I would still need to contend with the artifact builder only using the slot A kernel image. From my example above, the kernel image supplied for the update has the slot 0 UUID baked into it despite it, eventually, needing to be written to the slot 1 KERNEL_B partition.

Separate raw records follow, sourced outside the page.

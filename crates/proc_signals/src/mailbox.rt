// Mailboxes.
ghost use Rattle.std.specs.Prelude.{◌≡◌, ◌<◌, ◌^◌, Bool, [], ◌∷◌, ◌++◌, IfOk, IfSome, OnOk, OnErr, Some, length, slice_get, option_and_then, option_map};
ghost use Rattle.std.specs.Cmp.Lexicographic.{pointwise};
ghost use Rattle.std.specs.List.{remove};
ghost use Rattle.term_core.specs.Meaning.{Meaning};
ghost use Rattle.term_core.specs.Term.{meaning_of};
ghost use Rattle.world_model.specs.Cells.{Contents};
ghost use Rattle.world_model.specs.Changes.{MessageAdded, after, changed, without_first, is_of_watch};
ghost use Rattle.world_model.specs.Mailboxes.{mailbox_in, picked, selected_of};
ghost use Rattle.world_model.specs.Names.{Pid as PidSeen, ref_of, same_term};
ghost use Rattle.proc_signals.specs.Mailbox.{first_place, IsMailbox, IsTakenAt};

use crate::messages::Messages;
use std::alloc::{AllocError, Global};
use std::hash::Hasher;
use std::marker::Model;
use std::sync::Arc;
use term_core::{RefId, Term};

/// What takes some messages and not others, as a receive does.
pub trait Selector {
    ghost use Rattle.std.specs.Prelude.{Bool};
    ghost use Rattle.term_core.specs.Meaning.{Meaning};

    ghost takes: { Self → Meaning → Bool };

    /// Whether it takes this message, or `AllocError` if that cannot be determined for lack of memory.
    fn selects(&self, alloc: Global, message: &Term) -> Result<bool, AllocError>
        ensures { IfOk result (λ selected. selected ≡ takes self.now (meaning_of message.now)) };
}

/// The messages of a process that have arrived, the oldest first. Contracts see them as a list. Copies
/// share the messages until one of them is changed.
pub struct Mailbox {
    messages: Arc<Messages>,
}

// Dropped by a call, so that no crate above proves again how.
impl Drop for Mailbox {
    fn drop(self) {
        let Mailbox { messages: _ } = self;
    }
}

impl Model for Mailbox {
    ghost use Rattle.std.specs.Prelude.{List};
    ghost use Rattle.std.specs.Coded.{coded_list};
    ghost use Rattle.term_core.specs.Meaning.{Meaning};
    ghost use Rattle.term_core.specs.inside.MeaningCodes.{coded_meaning};

    ghost Value = { List Meaning };

    ghost coded = { coded_list coded_meaning };

    ghost view = { λ m. m.messages.value };
}

impl Mailbox {
    /// No messages, or `AllocError` if there is no memory for it.
    pub fn new(alloc: Global) -> Result<Mailbox, AllocError>
        ensures { IfOk result (λ mailbox. mailbox ≡ []) }
    {
        Ok(Mailbox {
            messages: Arc::new(alloc, Messages::new(alloc))?,
        })
    }

    /// The same mailbox, or `AllocError` where its copies can no longer be counted. It takes no memory and
    /// one step.
    pub fn copy(&self) -> Result<Mailbox, AllocError>
        ensures { IfOk result (λ copied. copied ≡ self.now) }
    {
        Ok(Mailbox {
            messages: Arc::try_clone(&self.messages)?,
        })
    }

    /// Whether the two have the same messages, in one order. It takes no memory.
    pub fn is_same(&self, other: &Mailbox) -> bool
        ensures { result ≡ pointwise same_term self.now other.now }
    {
        self.messages.is_same(&other.messages)
    }

    /// Feeds a hasher with the messages: the same for mailboxes that are the same. It takes no memory.
    pub fn feed<H: Hasher>(&self, state: &mut H) {
        self.messages.feed(state);
    }

    /// How many messages there are, fewer than 2^63.
    pub fn len(&self) -> usize
        ensures length { result ≡ length self.now }
        ensures fits { result < 2 ^ 63 }
    {
        self.messages.len()
    }

    /// The message at a place, counted from 0, if there is one. It takes no memory.
    pub fn get(&self, place: usize) -> Option<&Term>
        ensures { option_map (λ message. meaning_of message.now) result ≡ slice_get self.now place }
    {
        self.messages.get(place)
    }

    /// A message comes in, after the others (Erlang reference manual, "Processes", "Delivery of Signals"), or
    /// `AllocError` if there is no memory for it: then the mailbox is as it was, and the message is dropped.
    #[tactic(auto, using(crate::proofs::Cells::mails_follow))]
    pub fn put(&mut self, message: Term) -> Result<(), AllocError>
        ensures ok { OnOk result (self.new ≡ self.old ++ meaning_of message ∷ []) }
        ensures mails { OnOk result ((v : Contents) (p : PidSeen) →
            IsMailbox self.old v p → IsMailbox self.new (changed (MessageAdded p (meaning_of message)) v) p) }
        ensures err { OnErr result (self.new ≡ self.old) }
    {
        let messages = Arc::make_mut(&mut self.messages)?;
        messages.put(message)?;
        Ok(())
    }

    /// The place of the oldest message that is selected, if there is one, counted from 0 (Erlang reference manual,
    /// "Expressions", "Receive"). `AllocError` where the selector has no memory to decide.
    #[tactic(auto, using(crate::proofs::Removing::found_selected, crate::proofs::Removing::found_within))]
    pub fn find_match<S: Selector>(
        &self,
        alloc: Global,
        selector: &S,
    ) -> Result<Option<usize>, AllocError>
        ensures found { IfOk result (λ found. found ≡ first_place (S.takes selector.now) self.now) }
        ensures within { IfOk result (λ found. IfSome found (λ place. place < length self.now)) }
        ensures selected { IfOk result (λ found.
            option_and_then (slice_get self.now) found ≡ selected_of (S.takes selector.now) self.now) }
    {
        let found = self.messages.find_match(alloc, selector)?;
        Ok(found)
    }

    /// Takes out the message at a place; the others keep their order. `AllocError` if there is no memory for
    /// it, and then the mailbox is as it was.
    pub fn take_at(&mut self, place: usize) -> Result<Term, AllocError>
        requires { place < length self.old }
        ensures message { IfOk result (λ message. slice_get self.old place ≡ Some (meaning_of message)) }
        ensures rest { OnOk result (self.new ≡ remove self.old place) }
        ensures picks { IfOk result (λ message. IsTakenAt place (meaning_of message) self.old self.new) }
        ensures err { OnErr result (self.new ≡ self.old) }
    {
        let messages = Arc::make_mut(&mut self.messages)?;
        Ok(messages.take_at(place))
    }

    /// The oldest message of a watch, if there is one: a tuple of five with this reference second (OTP, module
    /// `erlang`, `demonitor/2` with the option `flush`). It takes no memory.
    #[tactic(auto, using(crate::proofs::Removing::place_selected, crate::proofs::Removing::none_selected))]
    pub fn down(&self, reference: &RefId) -> Option<&Term>
        ensures { option_map (λ message. meaning_of message.now) result ≡ selected_of (is_of_watch (ref_of reference.now)) self.now }
    {
        let Some(place) = self.messages.find_down(reference) else {
            return None;
        };
        self.get(place)
    }

    /// Takes out the oldest message of a watch, if there is one: a tuple of five with this reference second
    /// (OTP, module `erlang`, `demonitor/2` with the option `flush`). `AllocError` if there is no memory for
    /// it, and then the mailbox is as it was.
    #[tactic(auto, using(crate::proofs::Removing::place_removed, crate::proofs::Removing::none_removed, crate::proofs::Cells::picked_follows))]
    pub fn flush_down(&mut self, reference: &RefId) -> Result<(), AllocError>
        ensures ok { OnOk result (self.new ≡ without_first (is_of_watch (ref_of reference.now)) self.old) }
        ensures flushes { OnOk result ((v : Contents) (p : PidSeen) →
            IsMailbox self.old v p → IsMailbox self.new (after (picked p (selected_of (is_of_watch (ref_of reference.now)) (mailbox_in v p))) v) p) }
        ensures err { OnErr result (self.new ≡ self.old) }
    {
        let Some(place) = self.messages.find_down(reference) else {
            return Ok(());
        };
        drop(self.take_at(place)?);
        Ok(())
    }
}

To answer your second questions of what I’m looking to achieve; The primary build process where I run

USE_UBOOT=0 ROOTFS_AB=1 ./flash.sh --no-flash jetson-tx2 mmcblk0p1

generates two kernel images

  • boot.img which has root=PARTUUID=2a8137cb.. parameter baked in
  • boot.img_b which has root=PARTUUID=e118e918.. parameter baked in

I then need to run l4t_generate_ota_package.sh to build my update package. What this SHOULD build is two BUP update payloads:

- bup_payload # built using boot.img
- bup_payload_b # built using boot_img_b

Then I copy the update package to my target, extract it, and run nv_ota_start.sh. That process SHOULD

  • detect the updater target slot vs the active slot
  • detect if we have multiple bup_payload images that correspond particular slots
  • copy the proper payload to the proper partition
    • copy bup_payload to the KERNEL_A partition if slot 0 is the target slot
    • copy bup_payload_b to KERNEL_B partition if slot 1 is the target slot

Does that clearly explain what I’m trying to achieve?

@KevinFFF any thoughts on my my setup/problem description?

We’ve pretty much settled on re-writing the target rootfs PARTUUID in the GPT header for each update we perform. This allows us to ensure the kernel and target rootfs remain in sync.